Mandate:
Reporting to the Manager and Architect of Advanced Research Computing Infrastructure, the Senior Advanced Research Computing Systems Administrator works as part of a team to design, build, and ensure the operational effectiveness of the university’s research servers and storage. Members of this team maintain systems critical to many research groups on-campus and beyond, including web servers and database servers, and large, high-performance research computing systems (HPC),cloud infrastructure and container orchestration used by researchers both at UVic, from institutions across the country, and with international collaborations. These systems are required to be in operation 24 hours per day, 365 days of the year and decisions regarding these systems can impact UVic’s obligations to other parties beyond the institution.
Objectives:
The Senior Advanced Research Computing System Administrator’s work includes the design, installation, configuration, and maintenance of hardware and software, problem determination/resolution, resource allocation, performance and security monitoring, and usage reporting.

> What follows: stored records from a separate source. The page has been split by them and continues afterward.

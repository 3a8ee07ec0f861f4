// CREATE TABLE, and the limits on columns, texts and depth.

/// CREATE TABLEs.
pub(crate) const DEFINITIONS: &str = r#"
CREATE TABLE t (k bigint PRIMARY KEY, v bigint) => t: k:l! v:l key 0
CREATE TABLE u (id integer PRIMARY KEY, name text NOT NULL, code varchar(3) DEFAULT 'ab', ok boolean DEFAULT true, CHECK (id > 0)) => u: id:i! name:t! code:v3='ab' ok:b=true key 0 check >(0.0:i 0:i):b
CREATE TABLE s (k varchar(3) PRIMARY KEY, b boolean DEFAULT true NOT NULL, CHECK (k <> 'no')) => s: k:v3! b:b!=true key 0 check <>(0.0:v3 'no':v3):b
# Types.
CREATE TABLE z (a varchar, b character varying(65536), c int8, d bool, k int4, PRIMARY KEY (k)) => z: a:v b:v65536 c:l d:b k:i! key 4
# Lengths from 1 to 65,536. PostgreSQL answers 22023 for 0, allows lengths up to 10,485,760, and answers 42601 above
# 2147483647.
CREATE TABLE z (a varchar(0), k int PRIMARY KEY) => S54000
CREATE TABLE z (a varchar(65537), k int PRIMARY KEY) => S54000
CREATE TABLE z (a varchar(4294967296), k int PRIMARY KEY) => S54000
# A column's name, then its length, then its default; columns from left to right, and all of them before the key.
CREATE TABLE z (k int PRIMARY KEY, k text) => S42701
CREATE TABLE z (a int, A varchar(0)) => S42701
CREATE TABLE z (a varchar(0), a int) => S54000
CREATE TABLE z (a int DEFAULT 'x', a int) => S22P02
CREATE TABLE z (a int, a int DEFAULT 'x') => S42701
CREATE TABLE z (a varchar(0) DEFAULT 1) => S54000
CREATE TABLE z (a int DEFAULT true) => S42804
CREATE TABLE z (a int, "A" int PRIMARY KEY) => z: a:i A:i! key 1
# Defaults are converted to the column's type. PostgreSQL takes 1 for a text, and 'true' for a boolean. It refuses an integer
# out of range and a text too long only when the default is used.
CREATE TABLE z (k int PRIMARY KEY, a int DEFAULT ' 12 ', b int DEFAULT -2147483648, c bigint DEFAULT -5, d text DEFAULT NULL) => z: k:i! a:i=12 b:i=-2147483648 c:l=-5 d:t key 0
CREATE TABLE z (k text DEFAULT 'x' PRIMARY KEY, a varchar(2) DEFAULT 'ab  ', b boolean DEFAULT false) => z: k:t!='x' a:v2='ab' b:b=false key 0
CREATE TABLE z (k int PRIMARY KEY, a int DEFAULT 2147483648) => S22003
CREATE TABLE z (k int PRIMARY KEY, a int DEFAULT -2147483649) => S22003
CREATE TABLE z (k int PRIMARY KEY, a int DEFAULT 'x') => S22P02
CREATE TABLE z (k int PRIMARY KEY, a text DEFAULT 1) => S42804
CREATE TABLE z (k int PRIMARY KEY, a boolean DEFAULT 1) => S42804
CREATE TABLE z (k int PRIMARY KEY, a boolean DEFAULT 'true') => S0A000
CREATE TABLE z (k int PRIMARY KEY, a varchar(2) DEFAULT 'abc') => S22001
# Of several defaults the last counts, and so of NULL and NOT NULL. PostgreSQL refuses several with 42601.
CREATE TABLE z (k int PRIMARY KEY, a int DEFAULT 'x' DEFAULT 3, b int NOT NULL NULL) => z: k:i! a:i=3 b:i key 0
CREATE TABLE z (k int PRIMARY KEY, a int DEFAULT 3 DEFAULT 'x') => S22P02
# One key. PostgreSQL allows none, and several columns of one key.
CREATE TABLE z (k bigint) => S0A000
CREATE TABLE z (k int PRIMARY KEY, a int PRIMARY KEY) => S0A000
CREATE TABLE z (k int, a int, PRIMARY KEY (k, a)) => S0A000
CREATE TABLE z (k int PRIMARY KEY, PRIMARY KEY (k)) => S0A000
CREATE TABLE z (k int, PRIMARY KEY (k, k)) => S0A000
CREATE TABLE z (k int, PRIMARY KEY (q, r)) => S0A000
CREATE TABLE z (k int, PRIMARY KEY (q)) => S42703
CREATE TABLE z (k boolean PRIMARY KEY) => S0A000
CREATE TABLE z (k boolean, PRIMARY KEY (k)) => S0A000
# A column that is marked twice counts once, and the key is never null. PostgreSQL refuses two marks with 42P16.
CREATE TABLE z (k int PRIMARY KEY CONSTRAINT c PRIMARY KEY NULL) => z: k:i! key 0
CREATE TABLE z (a int, k bigint NULL, CONSTRAINT c PRIMARY KEY (k)) => z: a:i k:l! key 1
# CHECKs in text order, as conditions over all columns, after the key.
CREATE TABLE z (k int PRIMARY KEY CHECK (k < b), b int CONSTRAINT c CHECK (z.b > 0), CHECK (NULL)) => z: k:i! b:i key 0 check <(0.0:i 0.1:i):b check >(0.1:i 0:i):b check null:b
CREATE TABLE z (a int, CHECK (1)) => S0A000
CREATE TABLE z (k int PRIMARY KEY, CHECK (1)) => S42804
CREATE TABLE z (k int PRIMARY KEY, CHECK ('x')) => S0A000
CREATE TABLE z (k int PRIMARY KEY, CHECK (q > 0)) => S42703
CREATE TABLE z (k int PRIMARY KEY, CHECK (t.k > 0)) => S42P01
CREATE TABLE z (k int PRIMARY KEY, CHECK (count(*) = 1)) => S42803
CREATE TABLE z (k int PRIMARY KEY, CHECK (k = 'x')) => S22P02
CREATE TABLE z (k int PRIMARY KEY, CHECK (k), CHECK (q)) => S42804
"#;

/// The first part of a text, a part that is repeated, how many times, the last part, and what the text comes to.
pub(crate) type Long = (&'static str, &'static str, u32, &'static str, &'static str);

/// Long texts. Where the code is that of a name after the part, the part is accepted.
pub(crate) const LONG: &[Long] = &[
    // 32 columns and no more, before their names.
    ("CREATE TABLE z (", "a int, ", 31, "a int)", "S42701"),
    ("CREATE TABLE z (", "a int, ", 32, "a int)", "S54000"),
    // 1,664 columns of a result: 13 times four entries of 32 columns. Each item is counted before it is typed.
    (
        "SELECT *",
        ", *",
        12,
        " FROM m a, m b, m c, m d ORDER BY nosuch",
        "S42703",
    ),
    ("SELECT *", ", *", 13, " FROM m a, m b, m c, m d", "S54000"),
    (
        "SELECT ",
        "*, ",
        13,
        "nosuch FROM m a, m b, m c, m d",
        "S54000",
    ),
    (
        "SELECT ",
        "*, ",
        12,
        "nosuch FROM m a, m b, m c, m d",
        "S42703",
    ),
    // A text that is stored has at most 65,536 bytes, when it has lost its blanks.
    (
        "INSERT INTO w VALUES ('",
        "a",
        65_536,
        "', nosuch)",
        "S42703",
    ),
    (
        "INSERT INTO w VALUES ('",
        "a",
        65_537,
        "', nosuch)",
        "S54000",
    ),
    (
        "INSERT INTO w VALUES ('",
        "é",
        32_769,
        "', nosuch)",
        "S54000",
    ),
    (
        "INSERT INTO s VALUES ('abc",
        " ",
        70_000,
        "', nosuch)",
        "S42703",
    ),
    (
        "CREATE TABLE z (k text DEFAULT '",
        "a",
        65_536,
        "')",
        "S0A000",
    ),
    (
        "CREATE TABLE z (k text DEFAULT '",
        "a",
        65_537,
        "')",
        "S54000",
    ),
    // One that isn't stored has no limit.
    ("SELECT '", "a", 70_000, "', nosuch", "S42703"),
    (
        "SELECT 1 FROM w WHERE name = '",
        "a",
        70_000,
        "' AND nosuch",
        "S42703",
    ),
    // Depth 64: a literal inside 63 pairs of parentheses, and not inside 64.
    (
        "SELECT ",
        "(",
        63,
        "1)))))))))))))))))))))))))))))))))))))))))))))))))))))))))))))))",
        "?column?:i <- 1:i",
    ),
    (
        "SELECT ",
        "(",
        64,
        "1))))))))))))))))))))))))))))))))))))))))))))))))))))))))))))))))",
        "S54000",
    ),
];
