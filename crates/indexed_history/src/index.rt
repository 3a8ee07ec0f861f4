// The transactions that wrote each cell, by cell.
ghost use Rattle.std.specs.Prelude.{◌≡◌, [], OnOk, OnErr};
ghost use Rattle.cell_base.specs.declared.cell.Cell.{Cell as CellData};
ghost use Rattle.indexed_history.specs.Index.{numbers_at, AreAscending, GainsWriter, LosesWriter, ListsSame, Forgets};

use crate::numbers::Numbers;
use cell_base::{Cell, Memory, Value};
use indexmap::IndexMap;
use std::alloc::Global;

/// For each cell the numbers of transactions.
#[derive(Debug, Drop)]
pub struct Index {
    pub alloc: Global,
    pub lists: IndexMap<Cell, Numbers>,
}

/// No cell. Takes no memory.
pub fn new(alloc: Global) -> Index
    ensures { (cell : CellData) → numbers_at result cell ≡ [] }
{
    Index {
        alloc,
        lists: IndexMap::new(alloc),
    }
}

/// The numbers that are listed at the cell.
pub fn numbers_of<'a>(index: &'a Index, cell: &Cell) -> &'a [u32]
    ensures { result.now ≡ numbers_at index.now cell.now }
{
    match index.lists.get(cell) {
        Some(numbers) => numbers.as_slice(),
        None => &[],
    }
}

/// Lists one number at a cell that has none.
fn start_list(index: &mut Index, cell: &Cell, number: u32) -> Result<(), Memory>
    requires ascending { AreAscending index.old }
    requires empty { numbers_at index.old cell.now ≡ [] }
    ensures ascending { AreAscending index.new }
    ensures ok { OnOk result (GainsWriter index.old cell.now number index.new) }
    ensures err { OnErr result (ListsSame index.old index.new) }
{
    let key = cell.copy(index.alloc)?;
    let numbers = Numbers::one(index.alloc, number)?;
    index.lists.insert(key, numbers)?;
    Ok(())
}

/// Lists the number at the cell. Out of memory the lists stay.
pub fn note_writer(index: &mut Index, cell: &Cell, number: u32) -> Result<(), Memory>
    requires ascending { AreAscending index.old }
    ensures ascending { AreAscending index.new }
    ensures ok { OnOk result (GainsWriter index.old cell.now number index.new) }
    ensures err { OnErr result (ListsSame index.old index.new) }
{
    match index.lists.get_mut(cell) {
        Some(numbers) => numbers.insert(number),
        None => start_list(index, cell, number),
    }
}

/// Takes the number out of the cell's list. Takes no memory.
pub fn forget_writer(index: &mut Index, cell: &Cell, number: u32)
    requires ascending { AreAscending index.old }
    ensures ascending { AreAscending index.new }
    ensures loses { LosesWriter index.old cell.now number index.new }
{
    match index.lists.get_mut(cell) {
        Some(numbers) => numbers.remove(number),
        None => {}
    }
}

/// Takes the number out of the lists of all cells that were written. Takes no memory.
pub fn forget_writes(index: &mut Index, writes: &[(Cell, Value)], number: u32)
    requires ascending { AreAscending index.old }
    ensures { Forgets index.old writes.now number index.new }
{
    for entry in writes {
        forget_writer(index, &entry.0, number);
    }
}
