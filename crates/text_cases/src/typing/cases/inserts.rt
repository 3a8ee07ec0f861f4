// INSERT: names, numbers of values, and the conversion of each value.

/// INSERTs.
pub(crate) const INSERTS: &str = r"
# Without a list, values go to the first columns, and the others take their defaults.
INSERT INTO t VALUES (1, 10) => into 0 row 1:l 10:l
INSERT INTO t VALUES (1, 10), (2, 20) => into 0 row 1:l 10:l row 2:l 20:l
INSERT INTO t VALUES (1) => into 0 row 1:l null:l
INSERT INTO u VALUES (1, 'n') => into 1 row 1:i 'n':t 'ab':v3 true:b
# With a list they go to its columns.
INSERT INTO t (v, k) VALUES (10, 1) => into 0 row 1:l 10:l
INSERT INTO t (v) VALUES (10) => into 0 row null:l 10:l
INSERT INTO u (ok, id) VALUES (false, 1), (NULL, 2) => into 1 row 1:i null:t 'ab':v3 false:b row 2:i null:t 'ab':v3 null:b
# DEFAULT is the column's default, also the key's.
INSERT INTO w VALUES ('a', DEFAULT) => into 2 row 'a':t 7:i
INSERT INTO p VALUES (DEFAULT, 1) => into 4 row 5:i 1:i null:i null:i
INSERT INTO p (b) VALUES (DEFAULT) => into 4 row 5:i null:i null:i null:i
# The table, then the names from left to right, then numbers of values, then the values.
INSERT INTO q (nosuch) VALUES (1) => S42P01
INSERT INTO t (q) VALUES (1, 2) => S42703
INSERT INTO t (k, k) VALUES (1) => S42701
INSERT INTO t (k, k, q) VALUES (1) => S42701
INSERT INTO t (q, k, k) VALUES (1) => S42703
INSERT INTO t VALUES (1, 2, 3) => S42601
INSERT INTO t VALUES (1, 2), (3) => S42601
INSERT INTO t VALUES (1), (3, 4) => S42601
INSERT INTO t (k, v) VALUES (1) => S42601
INSERT INTO t (k) VALUES (1, 2) => S42601
INSERT INTO t VALUES (nosuch, 2), (3) => S42601
INSERT INTO t VALUES (1, 'x'), (nosuch, 2) => S22P02
INSERT INTO t VALUES (nosuch, 'x') => S42703
# No column and no aggregate stands in VALUES.
INSERT INTO t VALUES (k, 1) => S42703
INSERT INTO t VALUES (t.k, 1) => S42P01
INSERT INTO t VALUES (count(*), 1) => S42803
INSERT INTO t VALUES (foo(1), 1) => S0A000
# Literals are converted at once, also after one minus sign.
INSERT INTO t VALUES (1, -5) => into 0 row 1:l -5:l
INSERT INTO t VALUES ('7', ' -8 ') => into 0 row 7:l -8:l
INSERT INTO w VALUES ('a', -2147483648) => into 2 row 'a':t -2147483648:i
INSERT INTO w VALUES ('a', 2147483648) => S22003
INSERT INTO w VALUES ('a', -2147483649) => S22003
INSERT INTO w VALUES ('a', '2147483648') => S22003
INSERT INTO w VALUES ('a', '') => S22P02
INSERT INTO t VALUES (1, '9223372036854775808') => S22003
# All else is converted when the statement runs: the tree keeps its own type.
INSERT INTO t VALUES (1, - -5) => into 0 row 1:l neg(neg(5:i):i):i
INSERT INTO w VALUES ('a', 2147483647 + 1), ('b', 3000000000 - 1) => into 2 row 'a':t +(2147483647:i 1:i):i row 'b':t -(3000000000:l 1:i):l
# NULL goes to all; that a column is never null is found when the statement runs.
INSERT INTO u VALUES (NULL, NULL, NULL, NULL) => into 1 row null:i null:t null:v3 null:b
# Other pairs of types. PostgreSQL takes an integer or a boolean for a text.
INSERT INTO t VALUES (1, true) => S42804
INSERT INTO t VALUES (1, 1 = 1) => S42804
INSERT INTO w VALUES (1, 2) => S42804
INSERT INTO w VALUES (-1, 2) => S42804
INSERT INTO w VALUES (true, 2) => S42804
INSERT INTO w VALUES (1 + 1, 2) => S42804
INSERT INTO u VALUES (1, 'n', 'ab', 1) => S42804
# PostgreSQL reads 'true' as a boolean; here no quoted literal is one.
INSERT INTO u VALUES (1, 'n', 'ab', 'true') => S0A000
INSERT INTO s VALUES ('ab', 'true') => S0A000
INSERT INTO u VALUES (1, 'n', 'ab', 1 = 1) => into 1 row 1:i 'n':t 'ab':v3 =(1:i 1:i):b
# A varchar(3) has three characters, not bytes; what is too much and blank is dropped.
INSERT INTO s VALUES ('abc  ') => into 3 row 'abc':v3 true:b
INSERT INTO s VALUES ('a  ') => into 3 row 'a  ':v3 true:b
INSERT INTO s VALUES ('äöü ') => into 3 row 'äöü':v3 true:b
INSERT INTO s VALUES ('abcd') => S22001
INSERT INTO s VALUES ('abc d') => S22001
# CHECK and NOT NULL are tested when the statement runs.
INSERT INTO s VALUES ('no') => into 3 row 'no':v3 true:b
INSERT INTO s VALUES (NULL) => into 3 row null:v3 true:b
";
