// Choice words from a list.
ghost use Rattle.std.specs.Prelude.{◌≡◌, List, ℕ, drop};
ghost use Rattle.choice_stream.specs.Choices.{DrawsFirst};

use cell_base::Items;
use history_book::Words;
use std::marker::Model;

/// The words of a list, in order, and then 0 for ever.
#[derive(Debug, Drop)]
pub struct ListWords {
    words: Items<u32>,
    at: usize,
}

impl Model for ListWords {
    ghost Value = { List ℕ };

    ghost view = { λ w. drop w.at w.words };
}

impl ListWords {
    /// The words of this list, none of which was drawn.
    pub fn new(words: Items<u32>) -> ListWords
        ensures { result ≡ words }
    {
        ListWords { words, at: 0 }
    }
}

impl Words for ListWords {
    ghost gives = { DrawsFirst };

    fn next(&mut self) -> u32 {
        let words = self.words.as_slice();
        if self.at < words.len() {
            let word = words[self.at];
            self.at += 1;
            word
        } else {
            0
        }
    }
}
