//! A history with two indexes: for each cell the transactions that wrote it, and for each table its keys.
//!
//! `IndexedHistory` takes the events that a `History` takes, of any number of sessions, and contracts see the history alone.
//! A write lists its transaction at the cell and keeps the key of a presence, and takes the memory for both; a commit changes
//! nothing in the indexes, and a rollback takes its transaction out of the lists of the cells that it wrote, without memory. So
//! the writers of a cell are found by a hash, and a scan passes over the keys of its table, and over no event.
#![tactic(auto)]

mod index;
mod indexed;
mod keys;
mod numbers;
mod parts;
mod pushes;
mod records;
mod scanning;

pub use indexed::IndexedHistory;
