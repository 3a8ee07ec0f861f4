// A history with an index of the writers by cell, and one of the keys by table.
ghost use Rattle.std.specs.Prelude.{◌≡◌, ◌↔◌, ◌≤◌, ◌<◌, [], length, Some, Err, IfOk, OnOk, OnErr, IsTrue};
ghost use Rattle.sound_table.specs.Sound.{IsSound};
ghost use Rattle.history_core.specs.declared.event.Event.{Event};
ghost use Rattle.history_core.specs.declared.fault.Limit.{Limit};
ghost use Rattle.history_core.specs.Initial.{IsInitialState};
ghost use Rattle.history_core.specs.Legal.{Follows, ListsKeys, full_for};
ghost use Rattle.history_core.specs.Chronicle.{followed_by, with_table};
ghost use Rattle.history_core.specs.Records.{is_any_end};
ghost use Rattle.history_core.specs.Legal.{IsKeyList};
ghost use Rattle.indexed_history.specs.Writers.{ListsWriters, IsPlain};

use crate::index::{self, numbers_of};
use crate::keys::initial_keys;
use crate::parts::Parts;
use crate::pushes::{push_end, push_plain, push_table, push_write};
use crate::scanning::listed_keys;
use cell_base::{Cell, Items, Key, Level, Memory, Value};
use history_core::{BookFault, Event, History, InitialState};
use sql_tree::Table;
use std::alloc::Global;
use std::marker::Model;

/// A history, for each cell the transactions that wrote it, and for each table its keys. Any number of sessions may have a
/// pending transaction. Contracts see the history alone.
#[derive(Debug, Drop)]
pub struct IndexedHistory {
    parts: Parts,
}

impl Model for IndexedHistory {
    ghost use Rattle.history_core.specs.Chronicle.{Chronicle};
    ghost use Rattle.std.specs.Coded.{codes};
    ghost use Rattle.sql_tree.specs.contracts.typed_expr.TypedNode as typed_node;

    ghost Value = { Chronicle };

    ghost coded = { Prim.hlevel (codes, typed_node.the_row.coded) };

    ghost use Rattle.indexed_history.specs.Parts.{AreIndexed};

    ghost view = { λ h. h.parts.history };

    ghost invariant = { λ h. AreIndexed h.parts };
}

impl IndexedHistory {
    /// A history of the level and the initial state, without events. It takes memory for the keys of the initial rows alone.
    pub fn new(alloc: Global, level: Level, initial: InitialState) -> Result<IndexedHistory, Memory>
        ensures ok { IfOk result (λ history. history ≡ record { level = level; initial = initial; events = []; tables = [] }) }
        ensures is { IsInitialState initial }
    {
        let keys = initial_keys(alloc, &initial)?;
        Ok(IndexedHistory {
            parts: Parts {
                alloc,
                history: History::new(alloc, level, initial),
                index: index::new(alloc),
                keys,
            },
        })
    }

    /// Appends an event, any but a definition, a write and an end, as `History::push` does: `Full` comes exactly where the
    /// history is full for it, and on an error nothing changes.
    pub fn push(&mut self, event: Event) -> Result<(), BookFault>
        requires follows { Follows self.old.initial self.old.events event }
        requires plain { IsPlain event }
        ensures ok { OnOk result (self.new ≡ followed_by self.old event) }
        ensures full { (limit : Limit) → (result ≡ Err (BookFault.Full limit)) ↔ (full_for self.old.initial self.old.events event ≡ Some limit) }
        ensures err { OnErr result (self.new ≡ self.old) }
    {
        push_plain(&mut self.parts, event)
    }

    /// Appends a write of the session's pending transaction, as `History::push` does. Its places in both indexes are taken
    /// first, so that the Commit takes no memory.
    pub fn push_write(&mut self, session: u32, cell: Cell, value: Value) -> Result<(), BookFault>
        requires follows { Follows self.old.initial self.old.events (Event.Write session cell value) }
        ensures ok { OnOk result (self.new ≡ followed_by self.old (Event.Write session cell value)) }
        ensures full { (limit : Limit) → (result ≡ Err (BookFault.Full limit)) ↔ (full_for self.old.initial self.old.events (Event.Write session cell value) ≡ Some limit) }
        ensures err { OnErr result (self.new ≡ self.old) }
    {
        push_write(&mut self.parts, session, cell, value)
    }

    /// Appends the definition of a sound table, as `History::push_define` does.
    pub fn push_define(&mut self, session: u32, table: Table) -> Result<(), BookFault>
        requires follows { Follows self.old.initial self.old.events (Event.Define session table.name) }
        requires sound { IsSound table }
        ensures ok { OnOk result (self.new ≡ with_table self.old session table) }
        ensures full { (limit : Limit) → (result ≡ Err (BookFault.Full limit)) ↔ (full_for self.old.initial self.old.events (Event.Define session table.name) ≡ Some limit) }
        ensures err { OnErr result (self.new ≡ self.old) }
    {
        push_table(&mut self.parts, session, table)
    }

    /// Appends a Commit, a Rollback or a Close. Takes no memory and always succeeds. A rollback costs a search for each cell
    /// that its transaction wrote.
    pub fn end(&mut self, event: Event)
        requires follows { Follows self.old.initial self.old.events event }
        requires end { IsTrue (is_any_end event) }
        ensures { self.new ≡ followed_by self.old event }
    {
        push_end(&mut self.parts, event);
    }

    /// The history without the indexes.
    pub fn history(&self) -> &History
        ensures { result.now ≡ self.now }
    {
        &self.parts.history
    }

    /// The transactions but the initial one that wrote the cell and have committed or may commit yet, ascending. Which of them
    /// have committed, their records say.
    pub fn writers(&self, cell: &Cell) -> &[u32]
        ensures writers { ListsWriters self.now.events cell.now result.now }
        ensures few { length result.now ≤ 65535 }
    {
        let _ = self.parts.history.begun();
        numbers_of(&self.parts.index, cell)
    }

    /// The keys that a scan of the table in the session lists, ascending: each whose row is there from the start, whose presence
    /// has a committed writer, or that the session's pending transaction wrote.
    pub fn listed_keys(&self, alloc: Global, session: u32, table: u32) -> Result<Items<Key>, Memory>
        ensures lists { IfOk result (λ keys. ListsKeys self.now.initial self.now.events session table keys) }
        ensures listed { IfOk result IsKeyList }
    {
        let _ = self.parts.history.events();
        listed_keys(alloc, &self.parts, session, table)
    }
}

Each position has specialized areas of expertise in multiple domains storage technologies such as Ceph, dCache, GPFs, Lustre and IBM Spectrum Protect (TSM); deployment technologies like, xCAT, Cobbler, Ansible, Puppet, and Terraform; and compute/virtualization technologies such as Kubernetes, OpenStack; HPC Schedulers such as SLURM, HTCondor, Moab; and Systems Monitoring. The specific technologies that are leveraged in this role will change over time and this position has the responsibility to help guide the decision on how future technologies are selected and deployed.
This position requires the incumbent to have significant problem solving skills to analyze and correct software and hardware problems and to automate administration tasks. This includes unanticipated and unique problem solutions where the incumbent may be the sole expert in the area. The incumbent also must possess effective communications skills in order to provide technical assistance and advice to peers and the user community, as well as inform user areas on the impact and implications of system failures, maintenance, and cyber security incidents. This role leads project teams and provides recommendations on the university’s server and storage infrastructure.
System maintenance is usually required to be performed off-hours and major issues are responded to on a 24/7 basis.
This role may need to work outside of normal work hours on an emergency or pre-scheduled basis. The role may need to travel out of town/country.